DATASET CONTENT:
□ □ □ □

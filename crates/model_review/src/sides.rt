//! Sides at which errors stop, from which they lead nowhere, or where they never or always come out.

ghost use Rattle.std.specs.Prelude.{◌≡◌, ◌&&◌, ◌++◌, IfOk, OnOk, filter, nat_eq, not};
ghost use Rattle.std.specs.List.{list_any};
ghost use Rattle.error_libraries.specs.Search.{is_number_in};
ghost use Rattle.propagation_points.specs.Uses.{covers};
ghost use Rattle.model_facts.specs.Assembly.{model_at};
ghost use Rattle.model_facts.specs.Facts.{inward_of, outward_of};
ghost use Rattle.model_review.specs.Findings.{always_types, always_with, has_sink, if_any, is_left, is_sink_at, is_stopped, lost_types, nowhere_with, sink_takes, takes, types_at, types_where};
ghost use Rattle.model_review.specs.Seen.{may_come, number_at};
ghost use Rattle.model_review.specs.declared.finding.Finding.TheVariants.{Never, SinkLeaves, StopsHere};

use crate::finding::{Finding, TypesAt, tell_unless};
use crate::flows::{has_number, inward_of, outward_of};
use crate::view::{View, declared_for};
use crate::walks::{PointFinding, PointPlace};
use aadl_syntax::{Flow, FlowKind};
use component_extension::InClause;
use error_flows::FlowMeaning;
use plain_values::{List, Mem, is_same};
use propagation_links::PointAt;
use propagation_points::{Point, ReachedPoint, only_name};
use std::alloc::Global;

/// The types that stop at a point without a sink, if there are any.
#[derive(Clone, Copy)]
pub(crate) struct Stops;

impl PointFinding for Stops {
    ghost use Rattle.model_review.specs.Findings.{stop_at};

    ghost finding = { λ _. stop_at };

    fn tell(
        &self,
        alloc: Global,
        found: &mut List<Finding>,
        view: &View,
        at: PointPlace,
        point: &Point,
    ) -> Mem<()> {
        if has_sink(view, at.owner, point) {
            return Ok(());
        }
        add_stopping(alloc, found, view, at.owner, at.number)
    }
}

/// Adds the types that stop at a point.
fn add_stopping(
    alloc: Global,
    found: &mut List<Finding>,
    view: &View,
    owner: u32,
    number: u32,
) -> Mem<()>
    ensures { OnOk result (found.new ≡ found.old ++ if_any (λ types. StopsHere (types_at (inward_of owner number) types)) (types_where view.now (inward_of owner number) (is_stopped view.now owner number))) }
{
    let types = stopping(alloc, view, owner, number)?;
    let side = inward_of(owner, number);
    let at = TypesAt { side, types };
    tell_unless(found, at.is_empty(), Finding::StopsHere(at))
}

/// The types that stop at a point.
fn stopping(alloc: Global, view: &View, owner: u32, number: u32) -> Mem<List<u32>>
    ensures { IfOk result (λ types. types ≡ types_where view.now (inward_of owner number) (is_stopped view.now owner number)) }
{
    let mut types = List::new(alloc);
    for kind in view.types(inward_of(owner, number)) {
        types.push_if(*kind, is_stopped(view, owner, number, *kind))?;
    }
    Ok(types)
}

/// Whether a type may come in at a point, occurs in no formula, and is taken by no path.
fn is_stopped(view: &View, owner: u32, number: u32, kind: u32) -> bool
    ensures { result ≡ is_stopped view.now owner number kind }
{
    view.stops(view.fact_at(inward_of(owner, number), kind))
        && !is_taken_in(view, owner, number, kind)
}

fn is_taken_in(view: &View, owner: u32, number: u32, kind: u32) -> bool
    ensures { result ≡ list_any (takes view.now owner number kind) (model_at view.now.numbered.assembly owner).flows }
{
    match view.model(owner) {
        Some(model) => is_taken(view, owner, number, kind, model.flows.items()),
        None => false,
    }
}

fn is_taken(view: &View, owner: u32, number: u32, kind: u32, flows: &[FlowMeaning]) -> bool
    ensures { result ≡ list_any (takes view.now owner number kind) flows.now }
{
    for flow in flows {
        if takes(view, owner, number, kind, flow) {
            return true;
        }
    }
    false
}

/// Whether a path takes a type that comes in at a point to a type of the side at its end.
fn takes(view: &View, owner: u32, number: u32, kind: u32, flow: &FlowMeaning) -> bool
    ensures { result ≡ takes view.now owner number kind flow.now }
{
    match flow {
        FlowMeaning::Event(_, _) | FlowMeaning::State(_, _) => false,
        FlowMeaning::Carry(start, end) => {
            begins(start, number, kind) && has_number(view.types(outward_of(owner, *end)), kind)
        }
        FlowMeaning::Change(start, end, types) => {
            begins(start, number, kind)
                && has_some(types.items(), view.types(outward_of(owner, *end)))
        }
    }
}

/// Whether a path begins at a point and takes a type.
fn begins(start: &ReachedPoint, number: u32, kind: u32) -> bool
    ensures { result ≡ (nat_eq start.now.point number && covers start.now.types kind) }
{
    start.point == number && start.types.covers(kind)
}

/// Whether one of these is one of some types.
fn has_some(types: &[u32], numbers: &[u32]) -> bool
    ensures { result ≡ list_any (is_number_in types.now) numbers.now }
{
    for number in numbers {
        if has_number(types, *number) {
            return true;
        }
    }
    false
}

/// Whether a sink of a component names a point.
fn has_sink(view: &View, owner: u32, point: &Point) -> bool
    ensures { result ≡ has_sink view.now owner point.now }
{
    match view.instance().effective(owner) {
        Some(effective) => is_named(effective.propagations.flows.items(), point.name().text()),
        None => false,
    }
}

fn is_named(flows: &[InClause<Flow>], name: &[u8]) -> bool
    ensures { result ≡ list_any (λ flow. is_sink_at name.now flow.item.kind) flows.now }
{
    for flow in flows {
        if is_sink_at(&flow.item().kind, name) {
            return true;
        }
    }
    false
}

/// Whether a flow is a sink that names the point of a name.
fn is_sink_at(kind: &FlowKind, name: &[u8]) -> bool
    ensures { result ≡ is_sink_at name.now kind.now }
{
    match kind {
        FlowKind::Sink(point, _) => match only_name(point.names.items()) {
            Some(other) => is_same(other.text(), name),
            None => false,
        },
        FlowKind::Source(_, _, _) | FlowKind::Path(_, _, _, _, _) => false,
    }
}

// ---- what the sinks of a point leave

/// The types that stop at a point with a sink, and that no sink takes there, if there are any.
#[derive(Clone, Copy)]
pub(crate) struct Leaves;

impl PointFinding for Leaves {
    ghost use Rattle.model_review.specs.Findings.{leave_at};

    ghost finding = { λ _. leave_at };

    fn tell(
        &self,
        alloc: Global,
        found: &mut List<Finding>,
        view: &View,
        at: PointPlace,
        point: &Point,
    ) -> Mem<()> {
        if !has_sink(view, at.owner, point) {
            return Ok(());
        }
        add_left(alloc, found, view, at.owner, at.number)
    }
}

/// Adds the types that stop at a point, and that no sink takes there.
fn add_left(
    alloc: Global,
    found: &mut List<Finding>,
    view: &View,
    owner: u32,
    number: u32,
) -> Mem<()>
    ensures { OnOk result (found.new ≡ found.old ++ if_any (λ types. SinkLeaves (types_at (inward_of owner number) types)) (types_where view.now (inward_of owner number) (is_left view.now owner number))) }
{
    let types = left_types(alloc, view, owner, number)?;
    let side = inward_of(owner, number);
    let at = TypesAt { side, types };
    tell_unless(found, at.is_empty(), Finding::SinkLeaves(at))
}

/// The types that stop at a point, and that no sink takes there.
fn left_types(alloc: Global, view: &View, owner: u32, number: u32) -> Mem<List<u32>>
    ensures { IfOk result (λ types. types ≡ types_where view.now (inward_of owner number) (is_left view.now owner number)) }
{
    let mut types = List::new(alloc);
    for kind in view.types(inward_of(owner, number)) {
        types.push_if(*kind, is_left(view, owner, number, *kind))?;
    }
    Ok(types)
}

/// Whether a type stops at a point, and no sink takes it there.
fn is_left(view: &View, owner: u32, number: u32, kind: u32) -> bool
    ensures { result ≡ is_left view.now owner number kind }
{
    is_stopped(view, owner, number, kind) && !has_taking(view, owner, number, kind)
}

/// Whether a sink of a component takes a type that comes in at a point.
fn has_taking(view: &View, owner: u32, number: u32, kind: u32) -> bool
    ensures { result ≡ list_any (sink_takes number kind) (model_at view.now.numbered.assembly owner).sinks }
{
    match view.model(owner) {
        Some(model) => is_sunk(number, kind, model.sinks.items()),
        None => false,
    }
}

/// Whether one of these sinks takes a type that comes in at a point.
fn is_sunk(number: u32, kind: u32, sinks: &[ReachedPoint]) -> bool
    ensures { result ≡ list_any (sink_takes number kind) sinks.now }
{
    for sink in sinks {
        if begins(sink, number, kind) {
            return true;
        }
    }
    false
}

// ---- what leads nowhere

/// The types that may come out of a part at a point, and occur in no formula, if there are any.
#[derive(Clone, Copy)]
pub(crate) struct NowhereOut;

impl PointFinding for NowhereOut {
    ghost use Rattle.model_review.specs.Findings.{nowhere_at};

    ghost finding = { λ _. nowhere_at };

    fn tell(
        &self,
        alloc: Global,
        found: &mut List<Finding>,
        view: &View,
        at: PointPlace,
        point: &Point,
    ) -> Mem<()> {
        let _ = point;
        if at.owner == 0 {
            return Ok(());
        }
        add_lost(alloc, found, view, outward_of(at.owner, at.number))
    }
}

/// Adds the types that may come out of a side, and occur in no formula, if there are any.
fn add_lost(alloc: Global, found: &mut List<Finding>, view: &View, side: PointAt) -> Mem<()>
    ensures { OnOk result (found.new ≡ found.old ++ nowhere_with view.now side) }
{
    let types = lost_types(alloc, view, side)?;
    let at = TypesAt { side, types };
    tell_unless(found, at.is_empty(), Finding::GoesNowhere(at))
}

/// The types that may come out of a side, and occur in no formula.
fn lost_types(alloc: Global, view: &View, side: PointAt) -> Mem<List<u32>>
    ensures { IfOk result (λ types. types ≡ lost_types view.now side) }
{
    let mut types = List::new(alloc);
    for kind in view.types(side) {
        types.push_if(*kind, view.stops(view.fact_at(side, *kind)))?;
    }
    Ok(types)
}

// ---- what always comes out

/// The types that come out at a point where no event occurs, if there are any.
#[derive(Clone, Copy)]
pub(crate) struct AlwaysOut;

impl PointFinding for AlwaysOut {
    ghost use Rattle.model_review.specs.Findings.{always_at};

    ghost finding = { λ _. always_at };

    fn tell(
        &self,
        alloc: Global,
        found: &mut List<Finding>,
        view: &View,
        at: PointPlace,
        point: &Point,
    ) -> Mem<()> {
        let _ = point;
        add_always_types(alloc, found, view, outward_of(at.owner, at.number))
    }
}

/// Adds the types that come out of a side where no event occurs, if there are any.
fn add_always_types(alloc: Global, found: &mut List<Finding>, view: &View, side: PointAt) -> Mem<()>
    ensures { OnOk result (found.new ≡ found.old ++ always_with view.now side) }
{
    let types = always_types(alloc, view, side)?;
    let at = TypesAt { side, types };
    tell_unless(found, at.is_empty(), Finding::Always(at))
}

/// The types that come out of a side where no event occurs.
fn always_types(alloc: Global, view: &View, side: PointAt) -> Mem<List<u32>>
    ensures { IfOk result (λ types. types ≡ always_types view.now side) }
{
    let mut types = List::new(alloc);
    for kind in view.types(side) {
        types.push_if(*kind, view.is_always(view.fact_at(side, *kind)))?;
    }
    Ok(types)
}

// ---- what never comes out

/// The types that are declared for the outward side of a point, and never come out, if there are any.
#[derive(Clone, Copy)]
pub(crate) struct NeverOut;

impl PointFinding for NeverOut {
    ghost use Rattle.model_review.specs.Findings.{never_at};

    ghost finding = { λ _. never_at };

    fn tell(
        &self,
        alloc: Global,
        found: &mut List<Finding>,
        view: &View,
        at: PointPlace,
        point: &Point,
    ) -> Mem<()> {
        match declared_for(point.side(true)) {
            Some(types) => add_never_types(
                alloc,
                found,
                view,
                outward_of(at.owner, at.number),
                types,
            ),
            None => Ok(()),
        }
    }
}

fn add_never_types(
    alloc: Global,
    found: &mut List<Finding>,
    view: &View,
    side: PointAt,
    declared: &[u32],
) -> Mem<()>
    ensures { OnOk result (found.new ≡ found.old ++ if_any (λ types. Never (types_at side types)) (filter (λ type. not (may_come view.now (number_at view.now side type))) declared.now)) }
{
    let mut types = List::new(alloc);
    for kind in declared {
        types.push_if(*kind, !view.may_come(view.fact_at(side, *kind)))?;
    }
    let at = TypesAt { side, types };
    tell_unless(found, at.is_empty(), Finding::Never(at))
}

□ □ □ □

TASK DETAILS: Everything above from the line containing "types ≡ lost_types" down to the line containing "always comes out" is to be transcribed exactly, with both of those lines included and nothing else added.

EXERCISE OUTPUT:
    ensures { IfOk result (λ types. types ≡ lost_types view.now side) }
{
    let mut types = List::new(alloc);
    for kind in view.types(side) {
        types.push_if(*kind, view.stops(view.fact_at(side, *kind)))?;
    }
    Ok(types)
}

// ---- what always comes out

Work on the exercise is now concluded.